Listed records>

- Opening Delimiter -

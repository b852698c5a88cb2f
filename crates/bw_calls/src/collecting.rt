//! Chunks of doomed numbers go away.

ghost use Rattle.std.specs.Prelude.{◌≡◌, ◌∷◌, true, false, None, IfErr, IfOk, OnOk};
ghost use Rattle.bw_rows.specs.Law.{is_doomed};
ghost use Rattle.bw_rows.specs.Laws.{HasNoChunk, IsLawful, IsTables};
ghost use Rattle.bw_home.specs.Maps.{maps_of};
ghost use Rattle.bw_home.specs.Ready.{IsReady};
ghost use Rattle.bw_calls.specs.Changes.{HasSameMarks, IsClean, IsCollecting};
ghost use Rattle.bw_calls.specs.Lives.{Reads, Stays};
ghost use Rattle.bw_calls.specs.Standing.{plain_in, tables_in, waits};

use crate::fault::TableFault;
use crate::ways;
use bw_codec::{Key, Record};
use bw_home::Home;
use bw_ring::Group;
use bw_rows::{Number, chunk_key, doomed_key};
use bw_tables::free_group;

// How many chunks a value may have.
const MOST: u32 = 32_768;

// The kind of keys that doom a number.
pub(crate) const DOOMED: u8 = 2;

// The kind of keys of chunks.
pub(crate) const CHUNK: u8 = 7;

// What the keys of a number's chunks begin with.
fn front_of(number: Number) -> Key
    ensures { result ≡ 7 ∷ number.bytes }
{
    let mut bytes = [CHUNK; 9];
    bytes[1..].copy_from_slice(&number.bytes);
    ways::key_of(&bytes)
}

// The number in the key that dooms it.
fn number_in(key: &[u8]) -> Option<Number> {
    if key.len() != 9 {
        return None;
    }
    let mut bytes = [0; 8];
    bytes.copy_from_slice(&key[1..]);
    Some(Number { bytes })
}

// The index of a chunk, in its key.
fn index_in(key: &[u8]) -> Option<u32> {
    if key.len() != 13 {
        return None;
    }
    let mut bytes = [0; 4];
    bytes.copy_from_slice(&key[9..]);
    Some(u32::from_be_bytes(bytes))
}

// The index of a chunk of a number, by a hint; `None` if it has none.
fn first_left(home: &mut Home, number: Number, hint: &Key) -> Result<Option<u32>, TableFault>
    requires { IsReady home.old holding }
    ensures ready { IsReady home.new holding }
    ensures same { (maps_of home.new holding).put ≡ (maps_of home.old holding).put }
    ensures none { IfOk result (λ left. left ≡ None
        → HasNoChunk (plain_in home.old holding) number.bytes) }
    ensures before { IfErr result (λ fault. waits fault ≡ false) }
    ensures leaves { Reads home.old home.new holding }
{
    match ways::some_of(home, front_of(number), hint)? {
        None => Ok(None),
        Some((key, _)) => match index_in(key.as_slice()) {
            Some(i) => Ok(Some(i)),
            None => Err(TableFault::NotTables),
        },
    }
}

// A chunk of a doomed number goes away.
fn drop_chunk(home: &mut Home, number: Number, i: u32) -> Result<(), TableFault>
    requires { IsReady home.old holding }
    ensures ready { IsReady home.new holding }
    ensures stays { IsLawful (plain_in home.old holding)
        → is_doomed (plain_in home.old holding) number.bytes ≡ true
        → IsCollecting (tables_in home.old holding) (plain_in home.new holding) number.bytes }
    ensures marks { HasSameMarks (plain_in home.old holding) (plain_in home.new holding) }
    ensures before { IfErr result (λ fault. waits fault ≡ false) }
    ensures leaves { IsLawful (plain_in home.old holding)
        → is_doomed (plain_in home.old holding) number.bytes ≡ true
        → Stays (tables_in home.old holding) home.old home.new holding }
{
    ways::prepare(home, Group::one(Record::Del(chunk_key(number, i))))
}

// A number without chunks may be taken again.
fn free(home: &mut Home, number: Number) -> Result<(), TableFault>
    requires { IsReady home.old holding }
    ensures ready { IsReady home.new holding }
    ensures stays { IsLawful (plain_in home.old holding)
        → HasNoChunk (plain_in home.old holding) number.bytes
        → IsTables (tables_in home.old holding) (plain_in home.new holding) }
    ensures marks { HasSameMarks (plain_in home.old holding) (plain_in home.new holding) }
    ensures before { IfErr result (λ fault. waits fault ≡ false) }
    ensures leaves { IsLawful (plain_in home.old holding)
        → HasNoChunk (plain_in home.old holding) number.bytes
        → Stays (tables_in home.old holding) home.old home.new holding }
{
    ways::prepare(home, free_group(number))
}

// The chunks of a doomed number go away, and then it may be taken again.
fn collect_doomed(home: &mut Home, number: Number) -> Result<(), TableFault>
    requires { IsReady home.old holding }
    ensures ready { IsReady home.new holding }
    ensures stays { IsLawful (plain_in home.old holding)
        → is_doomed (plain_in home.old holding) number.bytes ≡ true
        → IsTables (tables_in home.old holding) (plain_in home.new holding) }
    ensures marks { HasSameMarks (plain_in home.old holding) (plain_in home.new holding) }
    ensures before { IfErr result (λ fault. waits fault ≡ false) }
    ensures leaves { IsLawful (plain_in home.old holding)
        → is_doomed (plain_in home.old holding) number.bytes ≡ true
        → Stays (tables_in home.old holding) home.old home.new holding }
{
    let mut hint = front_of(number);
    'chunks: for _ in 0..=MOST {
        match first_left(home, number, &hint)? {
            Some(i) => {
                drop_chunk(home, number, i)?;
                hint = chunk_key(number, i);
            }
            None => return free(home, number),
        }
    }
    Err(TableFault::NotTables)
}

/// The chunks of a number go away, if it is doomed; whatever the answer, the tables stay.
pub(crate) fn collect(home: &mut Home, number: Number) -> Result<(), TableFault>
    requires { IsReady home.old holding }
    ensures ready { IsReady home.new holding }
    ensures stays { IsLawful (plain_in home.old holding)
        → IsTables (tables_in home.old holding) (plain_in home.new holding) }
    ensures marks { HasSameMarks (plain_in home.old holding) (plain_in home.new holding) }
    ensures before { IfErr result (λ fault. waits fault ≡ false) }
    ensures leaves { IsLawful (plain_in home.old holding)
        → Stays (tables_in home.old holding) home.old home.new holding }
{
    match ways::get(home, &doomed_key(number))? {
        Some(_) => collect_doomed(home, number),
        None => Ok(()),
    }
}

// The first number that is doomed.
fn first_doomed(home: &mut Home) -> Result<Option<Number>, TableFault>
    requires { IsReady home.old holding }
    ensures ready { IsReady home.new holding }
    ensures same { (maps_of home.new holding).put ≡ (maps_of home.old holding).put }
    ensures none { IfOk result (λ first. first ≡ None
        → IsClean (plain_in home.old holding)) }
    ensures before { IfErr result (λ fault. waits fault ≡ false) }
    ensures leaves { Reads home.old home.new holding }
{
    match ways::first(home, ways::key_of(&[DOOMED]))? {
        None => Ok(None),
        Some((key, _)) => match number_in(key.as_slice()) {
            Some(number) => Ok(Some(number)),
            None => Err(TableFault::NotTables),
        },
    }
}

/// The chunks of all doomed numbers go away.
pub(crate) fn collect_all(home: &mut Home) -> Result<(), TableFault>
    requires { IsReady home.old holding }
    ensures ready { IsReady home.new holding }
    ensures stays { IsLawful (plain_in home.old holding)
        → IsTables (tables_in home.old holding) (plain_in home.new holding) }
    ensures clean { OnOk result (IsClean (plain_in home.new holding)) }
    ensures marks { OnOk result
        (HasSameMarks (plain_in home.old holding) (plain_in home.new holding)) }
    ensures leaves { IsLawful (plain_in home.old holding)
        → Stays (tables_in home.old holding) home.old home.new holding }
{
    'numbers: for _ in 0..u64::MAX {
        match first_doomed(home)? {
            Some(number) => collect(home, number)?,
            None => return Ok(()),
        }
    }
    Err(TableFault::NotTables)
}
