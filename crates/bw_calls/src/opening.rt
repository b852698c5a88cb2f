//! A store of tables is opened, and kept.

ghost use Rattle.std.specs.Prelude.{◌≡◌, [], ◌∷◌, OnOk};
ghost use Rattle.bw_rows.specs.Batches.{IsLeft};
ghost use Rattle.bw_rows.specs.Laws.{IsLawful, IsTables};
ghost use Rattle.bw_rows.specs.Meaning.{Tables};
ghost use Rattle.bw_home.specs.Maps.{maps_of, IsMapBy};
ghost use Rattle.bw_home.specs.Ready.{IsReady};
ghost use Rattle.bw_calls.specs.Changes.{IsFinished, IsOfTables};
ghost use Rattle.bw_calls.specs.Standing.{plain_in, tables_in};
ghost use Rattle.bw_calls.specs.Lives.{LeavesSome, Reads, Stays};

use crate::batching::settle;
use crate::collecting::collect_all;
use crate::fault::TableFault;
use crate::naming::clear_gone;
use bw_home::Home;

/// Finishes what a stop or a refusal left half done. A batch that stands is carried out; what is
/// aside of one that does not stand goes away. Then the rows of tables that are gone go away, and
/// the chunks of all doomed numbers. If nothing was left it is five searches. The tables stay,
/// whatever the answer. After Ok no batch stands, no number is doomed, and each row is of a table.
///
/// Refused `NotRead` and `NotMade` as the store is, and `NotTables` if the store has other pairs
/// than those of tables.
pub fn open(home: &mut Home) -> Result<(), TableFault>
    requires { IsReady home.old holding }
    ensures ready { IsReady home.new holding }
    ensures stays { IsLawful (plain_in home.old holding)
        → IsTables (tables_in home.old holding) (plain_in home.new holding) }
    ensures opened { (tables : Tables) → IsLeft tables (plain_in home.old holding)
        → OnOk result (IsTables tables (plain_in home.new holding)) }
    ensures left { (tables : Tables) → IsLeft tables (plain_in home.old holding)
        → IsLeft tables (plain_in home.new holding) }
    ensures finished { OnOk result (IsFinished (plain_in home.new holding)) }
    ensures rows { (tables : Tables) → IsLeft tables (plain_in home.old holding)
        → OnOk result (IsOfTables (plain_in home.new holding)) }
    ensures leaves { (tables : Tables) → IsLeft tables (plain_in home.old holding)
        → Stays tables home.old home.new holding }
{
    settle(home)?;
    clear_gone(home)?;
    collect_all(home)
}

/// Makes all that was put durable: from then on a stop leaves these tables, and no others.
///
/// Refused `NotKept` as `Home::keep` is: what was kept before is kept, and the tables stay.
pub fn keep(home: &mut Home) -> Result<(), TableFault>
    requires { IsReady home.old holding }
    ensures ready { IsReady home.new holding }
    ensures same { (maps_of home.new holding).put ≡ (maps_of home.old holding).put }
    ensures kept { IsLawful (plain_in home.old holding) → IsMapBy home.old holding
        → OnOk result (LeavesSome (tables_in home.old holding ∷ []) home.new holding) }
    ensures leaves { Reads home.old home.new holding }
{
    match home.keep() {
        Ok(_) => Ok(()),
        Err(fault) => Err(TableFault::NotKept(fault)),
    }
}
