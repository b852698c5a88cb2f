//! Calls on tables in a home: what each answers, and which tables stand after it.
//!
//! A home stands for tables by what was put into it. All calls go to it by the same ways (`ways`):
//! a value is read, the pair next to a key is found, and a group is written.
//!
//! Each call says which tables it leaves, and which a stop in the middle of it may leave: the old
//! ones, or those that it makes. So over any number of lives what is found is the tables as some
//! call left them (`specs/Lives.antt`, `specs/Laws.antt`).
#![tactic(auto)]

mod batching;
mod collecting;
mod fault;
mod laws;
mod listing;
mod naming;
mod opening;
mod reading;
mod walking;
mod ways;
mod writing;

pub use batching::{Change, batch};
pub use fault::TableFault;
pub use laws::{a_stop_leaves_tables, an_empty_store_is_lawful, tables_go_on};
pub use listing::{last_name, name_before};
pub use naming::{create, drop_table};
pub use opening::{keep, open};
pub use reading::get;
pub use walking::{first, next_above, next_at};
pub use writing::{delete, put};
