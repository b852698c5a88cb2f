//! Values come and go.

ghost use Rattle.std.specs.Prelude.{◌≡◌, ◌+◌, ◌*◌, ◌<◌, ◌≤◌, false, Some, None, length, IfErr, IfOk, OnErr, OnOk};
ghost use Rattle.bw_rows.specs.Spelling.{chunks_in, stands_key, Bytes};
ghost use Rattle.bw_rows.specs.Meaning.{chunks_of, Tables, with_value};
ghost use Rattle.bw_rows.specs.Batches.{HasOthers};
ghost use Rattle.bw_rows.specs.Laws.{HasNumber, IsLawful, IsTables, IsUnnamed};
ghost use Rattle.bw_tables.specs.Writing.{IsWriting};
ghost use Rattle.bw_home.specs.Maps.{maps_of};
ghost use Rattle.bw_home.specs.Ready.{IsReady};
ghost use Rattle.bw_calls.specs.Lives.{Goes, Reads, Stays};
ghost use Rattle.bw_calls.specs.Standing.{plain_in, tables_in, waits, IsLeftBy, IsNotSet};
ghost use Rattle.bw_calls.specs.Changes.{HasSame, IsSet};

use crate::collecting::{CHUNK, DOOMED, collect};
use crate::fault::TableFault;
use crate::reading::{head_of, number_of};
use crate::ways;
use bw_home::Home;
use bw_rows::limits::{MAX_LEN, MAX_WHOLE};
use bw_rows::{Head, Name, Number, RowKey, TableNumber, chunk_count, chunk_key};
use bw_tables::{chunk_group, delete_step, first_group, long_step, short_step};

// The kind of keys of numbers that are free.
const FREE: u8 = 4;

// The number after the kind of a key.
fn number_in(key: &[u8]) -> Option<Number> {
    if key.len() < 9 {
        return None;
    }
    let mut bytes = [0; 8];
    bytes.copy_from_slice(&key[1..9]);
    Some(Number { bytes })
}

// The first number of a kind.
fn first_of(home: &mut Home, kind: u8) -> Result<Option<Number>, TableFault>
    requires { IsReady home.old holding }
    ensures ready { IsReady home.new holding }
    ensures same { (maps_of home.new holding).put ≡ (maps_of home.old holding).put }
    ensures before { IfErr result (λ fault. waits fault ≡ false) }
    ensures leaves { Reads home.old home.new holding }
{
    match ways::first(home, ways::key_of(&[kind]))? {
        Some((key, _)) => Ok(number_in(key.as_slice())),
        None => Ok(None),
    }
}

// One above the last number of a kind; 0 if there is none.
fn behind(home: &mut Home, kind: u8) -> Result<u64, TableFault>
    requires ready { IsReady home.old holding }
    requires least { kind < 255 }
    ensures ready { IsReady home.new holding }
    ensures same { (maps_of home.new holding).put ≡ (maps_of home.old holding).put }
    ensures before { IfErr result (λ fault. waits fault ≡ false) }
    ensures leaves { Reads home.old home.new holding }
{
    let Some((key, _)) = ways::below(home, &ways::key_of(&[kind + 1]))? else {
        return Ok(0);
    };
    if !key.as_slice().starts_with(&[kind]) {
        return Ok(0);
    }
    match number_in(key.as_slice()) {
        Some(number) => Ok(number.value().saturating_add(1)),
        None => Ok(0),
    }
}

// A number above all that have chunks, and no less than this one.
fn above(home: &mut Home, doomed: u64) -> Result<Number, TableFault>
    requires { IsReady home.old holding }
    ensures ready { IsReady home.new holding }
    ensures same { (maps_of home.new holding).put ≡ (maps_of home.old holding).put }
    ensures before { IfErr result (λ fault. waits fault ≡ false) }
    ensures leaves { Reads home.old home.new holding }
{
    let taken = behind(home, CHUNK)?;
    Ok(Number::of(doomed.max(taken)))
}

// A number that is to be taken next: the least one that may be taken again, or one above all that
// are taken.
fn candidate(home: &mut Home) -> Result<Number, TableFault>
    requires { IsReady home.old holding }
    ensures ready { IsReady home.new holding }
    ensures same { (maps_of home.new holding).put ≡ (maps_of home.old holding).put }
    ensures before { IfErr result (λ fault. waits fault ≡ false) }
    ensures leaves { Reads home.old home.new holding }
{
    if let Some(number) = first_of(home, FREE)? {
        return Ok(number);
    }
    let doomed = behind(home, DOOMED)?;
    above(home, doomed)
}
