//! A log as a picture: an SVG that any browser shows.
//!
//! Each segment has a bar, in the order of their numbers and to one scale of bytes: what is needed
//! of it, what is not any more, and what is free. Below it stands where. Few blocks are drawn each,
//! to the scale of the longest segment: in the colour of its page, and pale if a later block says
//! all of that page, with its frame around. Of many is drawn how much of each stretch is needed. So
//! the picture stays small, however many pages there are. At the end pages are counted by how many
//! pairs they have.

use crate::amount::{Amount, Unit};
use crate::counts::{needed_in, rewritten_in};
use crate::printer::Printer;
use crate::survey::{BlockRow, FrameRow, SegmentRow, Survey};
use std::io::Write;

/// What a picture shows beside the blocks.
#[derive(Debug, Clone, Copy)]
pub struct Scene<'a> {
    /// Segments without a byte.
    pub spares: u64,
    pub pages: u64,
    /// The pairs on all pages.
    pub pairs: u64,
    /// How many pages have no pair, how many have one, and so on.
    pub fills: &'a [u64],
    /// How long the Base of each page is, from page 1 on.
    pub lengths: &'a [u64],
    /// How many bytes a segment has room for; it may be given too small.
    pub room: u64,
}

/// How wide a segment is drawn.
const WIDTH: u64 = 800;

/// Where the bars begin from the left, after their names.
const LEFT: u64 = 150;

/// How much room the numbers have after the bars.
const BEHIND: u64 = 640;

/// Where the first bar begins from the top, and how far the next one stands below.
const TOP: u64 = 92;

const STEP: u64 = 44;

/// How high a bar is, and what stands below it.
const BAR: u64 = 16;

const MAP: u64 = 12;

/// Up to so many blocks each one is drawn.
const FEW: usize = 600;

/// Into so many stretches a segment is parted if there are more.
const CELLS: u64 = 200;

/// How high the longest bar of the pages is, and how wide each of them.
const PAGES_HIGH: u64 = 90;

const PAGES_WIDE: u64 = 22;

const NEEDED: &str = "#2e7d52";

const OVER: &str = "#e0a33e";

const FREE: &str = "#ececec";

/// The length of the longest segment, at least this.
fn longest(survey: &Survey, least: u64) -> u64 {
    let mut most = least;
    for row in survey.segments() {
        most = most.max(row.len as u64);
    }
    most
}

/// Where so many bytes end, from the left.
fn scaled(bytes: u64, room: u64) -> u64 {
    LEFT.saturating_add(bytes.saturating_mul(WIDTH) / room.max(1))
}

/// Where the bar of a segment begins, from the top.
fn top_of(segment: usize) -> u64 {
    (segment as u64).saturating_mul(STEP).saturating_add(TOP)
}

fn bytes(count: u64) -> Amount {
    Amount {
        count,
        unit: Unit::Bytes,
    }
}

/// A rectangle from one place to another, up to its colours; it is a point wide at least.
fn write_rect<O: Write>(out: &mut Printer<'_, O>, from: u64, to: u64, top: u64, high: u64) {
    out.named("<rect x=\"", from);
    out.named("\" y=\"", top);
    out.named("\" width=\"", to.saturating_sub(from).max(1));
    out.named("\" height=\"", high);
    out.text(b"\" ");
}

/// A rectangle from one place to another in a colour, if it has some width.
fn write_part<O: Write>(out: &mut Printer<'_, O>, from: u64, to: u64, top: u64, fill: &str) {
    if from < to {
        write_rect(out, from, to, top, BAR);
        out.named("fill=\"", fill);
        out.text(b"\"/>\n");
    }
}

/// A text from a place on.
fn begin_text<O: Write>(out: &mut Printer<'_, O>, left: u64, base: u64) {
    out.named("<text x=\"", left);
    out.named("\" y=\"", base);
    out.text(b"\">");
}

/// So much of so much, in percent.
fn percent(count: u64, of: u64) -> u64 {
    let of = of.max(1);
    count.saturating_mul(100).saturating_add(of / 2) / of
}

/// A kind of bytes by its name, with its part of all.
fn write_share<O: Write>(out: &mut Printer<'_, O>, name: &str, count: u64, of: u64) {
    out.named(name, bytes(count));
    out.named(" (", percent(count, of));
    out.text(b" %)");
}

- Closing Delimiter -

Exercise instructions> Lines with "blocks" in the records above: copy every one of them.

Problem solution>
//! of it, what is not any more, and what is free. Below it stands where. Few blocks are drawn each,
/// What a picture shows beside the blocks.
/// Up to so many blocks each one is drawn.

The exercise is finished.